The next day, I took a train to Brannenburg, which is in the Bavarian Alps south of Munich. The Wendelstein is a mountain that rises to 1837 meters, Brannenburg being about 500 meters. While not dressed for climbing, I hiked up a trail flanked by coniferous forests and pastures a mile or two to get some altitude and looked back on the valley that leads southwest to Innsbruck. Mist obscured parts of the mountains, leaving islands in the sky. I could hear cow bells clanking from the groves on the steep hillsides. I passed several guest houses where tourists could stay while exploring the mountains. One kept tame red deer within some fenced acreage. The Wendelstein can be reached on foot from Brannenburg if you are willing to walk the 11 kilometers or you can take a train. From Wendelstein, you can see peaks of 3798 meters on the horizon. The range is as rugged as the Sierra but much wetter and shows no granite.

I returned to the oldest part of Brannenburg, which is above the business section and has 3 small hotels that charge about $40 a night including a continental breakfast. It is also a farming community and neat as a pin. Folks said hello to me, a complete stranger, on the street. The older buildings are often large, made of native conglomerate stone, and have balconies with red flowers cascading generously over the railings. The old town also had an immaculate church from which the congregation could be heard singing. After the services, I poked my head into the church to see its ornate interior.

Further up the hill, I could hear the clinking of glass vessels and through the trees I could see an old ornate building of four or five stories. I stopped in the Schlosswirt, which is one of Brannenburg's hotels, and its schweinbraten mit semmelknödel is an excellent stick-to-the-ribs meal for a very hungry person not on a diet. A group of older men sat around a large round table drinking from large glasses of beer and amusing each other with comments stimulating their hilarity. Trophies of the hunt hung on the walls, being the skulls of small bucks, minus the lower jaw, mounted on wooden plaques, and in contrast to the Pennsylvanian style that exhibits the stuffed head of the buck as though in life. The clinking from the hill continued.

After lunch, I followed the sound to find laborers preparing the annual Schlossfest, held on the first Sunday in August.
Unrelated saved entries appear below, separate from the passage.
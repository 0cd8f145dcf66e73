//! Where the writing sides of all links sleep, and how they are woken.
//!
//! A count goes up at each ring. A side whose count is behind has another round to make; one that is up to date sleeps at the
//! place of its link. A ring that finds sleepers begins a **walk** along the places, unless one is under way: it wakes the first
//! sleeper that is behind, which wakes the next one before it goes to work. Whoever comes to the end of the places ends the
//! walk, and begins anew where something was rung since it began. So a ring pays for one wake and never for all, few sides run
//! at once, and under load each side finds more to take at once.
//!
//! **Nobody who waits misses the last ring.** A side says that it sleeps, counts itself, and looks at the rings once more before
//! it sleeps; a ring goes up first and looks for sleepers then. A ring that finds a walk under way leaves the sleepers to it:
//! the walk is given up first, and whoever gave it up looks at the rings then.
ghost use Rattle.std.specs.Prelude.{◌≡◌, ◌<◌, IfOk, vec_len};
ghost use Rattle.qd_bell.specs.Places.{place_count};

use crossbeam_utils::CachePadded;
use crossbeam_utils::sync::EventCount;
use std::alloc::{AllocError, Global};
use std::sync::Wait;
use std::sync::atomic::AtomicU64;
use std::sync::atomic::Ordering::SeqCst;
use std::time::Duration;

const AWAKE: u64 = 0;

const ASLEEP: u64 = 1;

const WOKEN: u64 = 2;

/// While no more sides than these wait at times, one that is behind makes its next round at once.
const FEW: u64 = 4;

/// Where more do, it rests so many nanoseconds for each of them first, so that more comes together.
const REST: u64 = 8_000;

/// No rest is for more sides than these.
const MOST: u64 = 256;

/// Where the writing side of one link sleeps.
#[derive(Drop)]
struct Place {
    /// AWAKE, ASLEEP or WOKEN. A walk moves it from ASLEEP to WOKEN, and the side itself does the rest.
    state: AtomicU64,
    event: EventCount,
    /// The count of rings when the side fell asleep.
    seen: AtomicU64,
    /// Not 0 once the link is shut.
    shut: AtomicU64,
}

impl Place {
    fn new() -> Place {
        Place {
            state: AtomicU64::new(AWAKE),
            event: EventCount::new(),
            seen: AtomicU64::new(0),
            shut: AtomicU64::new(0),
        }
    }

    fn is_shut(&self) -> bool {
        self.shut.load(SeqCst) != 0
    }

    /// Wakes the side that sleeps here, if it sleeps.
    fn wake(&self) -> bool {
        let sleeps = self
            .state
            .compare_exchange(ASLEEP, WOKEN, SeqCst, SeqCst)
            .is_ok();
        if sleeps {
            self.event.notify_one();
        }
        sleeps
    }
}

/// What the bells of all links hang in. Each count has cache lines of its own, so that a ring slows no side that works.
#[derive(Drop)]
pub struct Tower {
    rings: CachePadded<AtomicU64>,
    /// How many sides sleep, or are about to.
    asleep: CachePadded<AtomicU64>,
    /// How many sides wait at times.
    waiting: CachePadded<AtomicU64>,
    /// 1 while a walk is under way.
    walking: CachePadded<AtomicU64>,
    /// The count of rings when the walk began.
    began: CachePadded<AtomicU64>,
    places: Vec<CachePadded<Place>>,
}

impl Tower {
    /// A tower with a place for each of so many links.
    pub fn new(alloc: Global, places: usize) -> Result<Tower, AllocError>
        ensures { IfOk result (λ t. place_count t ≡ places) }
    {
        Ok(Tower {
            rings: CachePadded::new(AtomicU64::new(0)),
            asleep: CachePadded::new(AtomicU64::new(0)),
            waiting: CachePadded::new(AtomicU64::new(0)),
            walking: CachePadded::new(AtomicU64::new(0)),
            began: CachePadded::new(AtomicU64::new(0)),
            places: new_places(alloc, places)?,
        })
    }

    /// For how many links it has a place.
    pub fn place_count(&self) -> usize
        ensures { result ≡ place_count self.now }
    {
        self.places.len()
    }

    /// A side begins to wait at times.
    pub(crate) fn enter(&self) {
        self.waiting.fetch_add(1, SeqCst);
    }

    /// A side waits no more.
    pub(crate) fn leave(&self) {
        self.waiting.fetch_sub(1, SeqCst);
    }

    /// Something was put.
    pub(crate) fn ring<R: Wait>(&self, rt: &R) {
        self.rings.fetch_add(1, SeqCst);
        if self.asleep.load(SeqCst) != 0 && self.takes_walk() {
            self.begin_walk(rt);
        }
    }

    /// The link is shut, and its side, which alone is meant, wakes.
    pub(crate) fn shut(&self, link: usize)
        requires { link < place_count self.now }
    {
        let place = &self.places[link];
        place.shut.store(1, SeqCst);
        self.rings.fetch_add(1, SeqCst);
        place.wake();
    }

    /// Waits for a ring after the first `seen` ones, or for the shut of this link. True where it is shut: then at once,
    /// whatever was rung.
    pub(crate) fn wait<R: Wait>(&self, rt: &R, link: usize, seen: &mut u64) -> bool
        requires { link < place_count self.now }
    {
        let place = &self.places[link];
        if place.is_shut() {
            return true;
        }
        if self.rings.load(SeqCst) != *seen {
            self.rest(rt, place);
        } else if self.sleep(rt, place, *seen) {
            self.walk_on(rt, link + 1);
        }
        *seen = self.rings.load(SeqCst);
        place.is_shut()
    }

    /// Lets more come together, where many sides wait at times. Nobody has to end a rest.
    fn rest<R: Wait>(&self, rt: &R, place: &Place) {
        let waiting = self.waiting.load(SeqCst).min(MOST);
        if waiting > FEW {
            let rest = Duration::from_nanos(REST * waiting);
            place.state.park_timeout(rt, AWAKE as u32, rest);
        }
    }

    /// Sleeps until it is woken. True where it was, and has to go on with the walk.
    fn sleep<R: Wait>(&self, rt: &R, place: &Place, seen: u64) -> bool {
        let key = place.event.prepare_wait();
        place.seen.store(seen, SeqCst);
        place.state.store(ASLEEP, SeqCst);
        self.asleep.fetch_add(1, SeqCst);
        if self.rings.load(SeqCst) == seen && !place.is_shut() {
            key.wait(rt);
        }
        self.asleep.fetch_sub(1, SeqCst);
        place.state.swap(AWAKE, SeqCst) == WOKEN
    }

    fn takes_walk(&self) -> bool {
        self.walking.load(SeqCst) == 0
            && self.walking.compare_exchange(0, 1, SeqCst, SeqCst).is_ok()
    }

    fn begin_walk<R: Wait>(&self, rt: &R) {
        self.began.store(self.rings.load(SeqCst), SeqCst);
        self.walk_on(rt, 0);
    }

    /// The walk goes on from this place: it is handed to the sleeper that it wakes, or ends.
    fn walk_on<R: Wait>(&self, rt: &R, from: usize) {
        if self.wakes_one(from) || !self.ends_walk() {
            return;
        }
        for _ in rt.forever() {
            self.began.store(self.rings.load(SeqCst), SeqCst);
            if self.wakes_one(0) || !self.ends_walk() {
                return;
            }
        }
    }

    /// Ends the walk. True where another one has to be made at once, and is this side's.
    fn ends_walk(&self) -> bool {
        let began = self.began.load(SeqCst);
        self.walking.store(0, SeqCst);
        self.rings.load(SeqCst) != began && self.asleep.load(SeqCst) != 0 && self.takes_walk()
    }

    /// Wakes the first sleeper from this place on that is behind. False where there is none.
    fn wakes_one(&self, from: usize) -> bool {
        for place in self.places.iter().skip(from) {
            let is_asleep = place.state.load(SeqCst) == ASLEEP;
            if is_asleep && place.seen.load(SeqCst) != self.rings.load(SeqCst) && place.wake() {
                return true;
            }
        }
        false
    }
}

fn new_places(alloc: Global, count: usize) -> Result<Vec<CachePadded<Place>>, AllocError>
    ensures { IfOk result (λ places. vec_len places ≡ count) }
{
    let mut places = Vec::with_capacity(alloc, count)?;
    for _ in 0..count {
        places.push(CachePadded::new(Place::new()))?;
    }
    Ok(places)
}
The big building was an old baronial residence, which the locals call a castle, and I found on one corner an ancient stone tower with slits in the wall for shooting arrows. I am enamored of any town with a castle. Schloss means castle, among other things. I can get my tongue around schl all right enough but coming back to ss results in something more like schlosh, especially after a beer or two, and a sloshfest it was, kegs of brew from Munich being sold by the liter. The men dressed in lederhosen and green felt hats and sold beer. Women in long, full dresses and aprons sold kuchen and coffee. Young musicians in traditional dress beat through the old tunes and several hundred of us mounted an orderly attack on the Munchener brauhausen.

I befriended the gate keepers, a merry pair whose duty it was to try to extort two marks for an official Schlossfest ribbon to each pedestrian on the path. I met a computer person who was into network software and a philosopher who asked me if I was certain I existed. I replied with certainty but got nothing further from him nor could I find within the computer person any knowledge of Immanuel Kant. I suppose I expected too much. However, we did drink unanimously.

I returned to Munich the next day, missed the first plane, finally made the connection, leaving much beer untasted, and let Lufthansa take me home. Apart from airfare, I spent about $75 a day, eating well, drinking triumphantly, visiting a museum a day, and left with a sense of regret, flying over northern Scotland, the glaciers of Greenland plunging into lakes, the Rockies at sunset, and arriving in San Francisco to learn that my company had downsized and that I was out of a job.